I have been sticking to 1200 a day, though I have days when I go over 1400. Keeps the body guessing. Try not to beat yourself over a few calories. Stay the course, and believe you will arrive at your goal....eventually. I have NOT plugged in a TIME for my goal to be met, and just stick to my daily goals.....
MY NEW saying: (borrowed from Delila)
"If you want to do something, you'll find a way, if you don't, you'll find an excuse."
You may not see a pound loss at a week. It doesn't happen that way for me, but each month when I look back I have averaged a pound per week, 4 for each of two months so far. I usually only lose a few ounces at a time but then one day the body catches up and it equals a pound woohoo ! I eat at the low end of my scale since I am sedentary, 1200- 1400 calories. When I ate at 1650 + exercise, I maintained instead. Just gotta tune in to your body and be patient.
current weight: 176.6
Fitness Minutes: (53,227)
10/19/13 5:01 P
Sorry you're not seeing the fast success you would like. But don't be so hard on yourself! Every good choice makes a difference, even if you can't see it!
I lose sloooowly but steadily no matter where in my range I eat. If I go above it, I maintain. I think the math Spark does based on your stats and lifestyle is pretty good. You didn't mention protein or fiber, both of which are important to hit at least your minimums on.

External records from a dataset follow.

// The turns of a run, and the runs of a schedule.
ghost use Rattle.std.specs.Prelude.{ℕ, ◌+◌, ◌*◌, ◌≤◌, ◌^◌, IfOk, replicate};
ghost use Rattle.std.specs.List.{All};
ghost use Rattle.g5_writing.specs.Outputs.{HasFiles};
ghost use Rattle.run_model.specs.Schedule.{Fits, kinds_of, turns_of};
ghost use Rattle.run_model.specs.declared.schedules.Run.{Run};
ghost use Rattle.run_loop.specs.Bounds.{Below};
ghost use Rattle.run_loop.specs.Making.{MakesFrom};

use crate::engine::{Engine, Turn};
use crate::turning::make_turn;
use g5_outside::{Failed, Shelf, Sink};
use g5_writing::OutputFiles;
use run_model::outputs::Counts;
use run_model::schedules::Run;
use silicon::Silicon;

/// Makes the turns of one run, after turns that were counted so. Each is told in `told`.
pub fn make_run<E: Engine, Z: Silicon, F: Shelf, O: Sink>(
    engine: &mut E,
    silicon: &mut Z,
    shelf: &mut F,
    out: &mut O,
    files: OutputFiles,
    run: Run,
    start: Counts,
    told: &mut Turn,
) -> Result<Counts, Failed>
    requires ready { (E.seen engine.old (Z.seen silicon.old) (Z.tape silicon.old)).ready }
    requires fits { Fits (E.seen engine.old (Z.seen silicon.old) (Z.tape silicon.old)).config.cpus
        run.what }
    requires room { (E.seen engine.old (Z.seen silicon.old) (Z.tape silicon.old)).turns + run.count
        ≤ 2 ^ 47 }
    requires files { HasFiles (F.seen shelf.old) files }
    requires below { Below (2 ^ 61) start }
    requires commits { start.commits + run.count ≤ 1000000 }
    ensures ready { (E.seen engine.new (Z.seen silicon.new) (Z.tape silicon.new)).ready }
    ensures small { IfOk result
        (λ n. (most : ℕ) → Below most start → Below (most + 45 * run.count) n) }
    ensures makes { MakesFrom files start (replicate run.count run.what)
        (E.seen engine.old (Z.seen silicon.old) (Z.tape silicon.old))
        (E.seen engine.new (Z.seen silicon.new) (Z.tape silicon.new))
        (F.seen shelf.old) (F.seen shelf.new) (O.seen out.old) (O.seen out.new) result }
{
    let mut sum = start;
    'turns: for turn in 0..run.count {
        match make_turn(engine, silicon, shelf, out, files, run.what, sum, told) {
            Err(failed) => return Err(failed),
            Ok(after) => sum = after,
        }
    }
    Ok(sum)
}

/// Makes the turns of a schedule, run after run, and answers the counts after them. `start` are the counts
/// of the turns that were made before: none, or those of a run that is resumed.
///
/// # Errors
///
/// `Failed` at the first fault of an output; what was written up to it stays.
pub fn make_runs<E: Engine, Z: Silicon, F: Shelf, O: Sink>(
    engine: &mut E,
    silicon: &mut Z,
    shelf: &mut F,
    out: &mut O,
    files: OutputFiles,
    runs: &[Run],
    start: Counts,
) -> Result<Counts, Failed>
    requires ready { (E.seen engine.old (Z.seen silicon.old) (Z.tape silicon.old)).ready }
    requires fits { All (λ (r : Run). Fits
        (E.seen engine.old (Z.seen silicon.old) (Z.tape silicon.old)).config.cpus r.what) runs.now }
    requires room { (E.seen engine.old (Z.seen silicon.old) (Z.tape silicon.old)).turns
        + turns_of runs.now ≤ 2 ^ 47 }
    requires files { HasFiles (F.seen shelf.old) files }
    requires below { Below (2 ^ 60) start }
    requires commits { start.commits + turns_of runs.now ≤ 1000000 }
    ensures ready { (E.seen engine.new (Z.seen silicon.new) (Z.tape silicon.new)).ready }
    ensures makes { MakesFrom files start (kinds_of runs.now)
        (E.seen engine.old (Z.seen silicon.old) (Z.tape silicon.old))
        (E.seen engine.new (Z.seen silicon.new) (Z.tape silicon.new))
        (F.seen shelf.old) (F.seen shelf.new) (O.seen out.old) (O.seen out.new) result }
{
    let mut told = Turn::new();
    let mut sum = start;
    'runs: for run in runs {
        match make_run(engine, silicon, shelf, out, files, *run, sum, &mut told) {
            Err(failed) => return Err(failed),
            Ok(after) => sum = after,
        }
    }
    Ok(sum)
}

One thought-- when you signed up, perhaps you told it that you were more active than you actually are? Then your range would be set slightly high and eating in the middle or lower end would be better.
Cut back if it makes you feel better, but you may not need to. I never substantially changed my calorie intake while I was losing, except for those times when injury made me unable to exercise much. I ate pretty much the same sorts of things, in the same amounts, every day. (And kept exercise pretty consistent for long stretches, too.) My weight for a given six week period was generally something like "down 2, down 2, up 1, down 3.5, down 0.5, down 2".
It's almost always just water when you're talking changes that take place on anything shorter than a 2-3 week time scale. Keep in mind that most of us are losing around 1 pound per week, and most of us can experience water-related fluctuations of up to 2-3 pounds in a given day (sometimes even more). If you try to take these small changes too seriously, and minutely modify your calorie intake according to every fluctuation of the scale, you will drive yourself crazy for pretty much no reason.
If you've been losing fine at the high end of your range up to now, odds are you are still losing fine, it's just been masked by a temporary shift in water weight, and you'd actually be risking payback from your body in the form of increased hunger and negative thoughts by trying to cut calories you don't need to cut.
Or, it could be the case that you would be better off a couple hundred calories lower than you are. Regardless, one week is far too soon to be able to tell that reliably.
So do what you feel you need to do for now, but remember about water weight and above all don't drive yourself crazy chasing the scale! I'm a firm believer that we all lose weight best when we invest the least amount of mental energy into it as possible.
Height 5'8 1/2" SW: 190+ CW: 143.0
5K 4/21/11: 31:55
68 Maintenance Weeks
Fitness Minutes: (2,769)
10/18/13 5:43 P
I find if I'm at the low end of my calories, my hunger is unmanageable the next day. I aim for the middle with my calories and fat, low end with protein and high end with carbs. That makes me feel satisfied so I can stick with it and still lose weight.
Pounds lost: 23.0
Fitness Minutes: (11,285)
10/18/13 10:54 A
Glad you are feeling better about yourself. That is a major accomplishment in my opinion. I too don't loose weight when I am at the higher end of my calories allowed. I stay at the lower end by watching my portions and not going back for seconds.
Pounds lost: 17.0
Fitness Minutes: (87,276)
10/17/13 10:54 A
Don't get too down if you've gone a week without losing. There are lots of different factors that can affect this (i.e. hormone variations). If you're looking for a simple way to cut some calories, just reduce your portions a little at each meal. You're still eating and chances are that you won't miss that little bit extra.
hi, I have been eating on the high side the calories/fat/carbs on my tracker and I didn't lose any weight this week, so I am going to cut back to the lower side of the tracker. I have been less disgusted with self since I have joined the sparkpeople website, so I am hoping this will help me feel even better.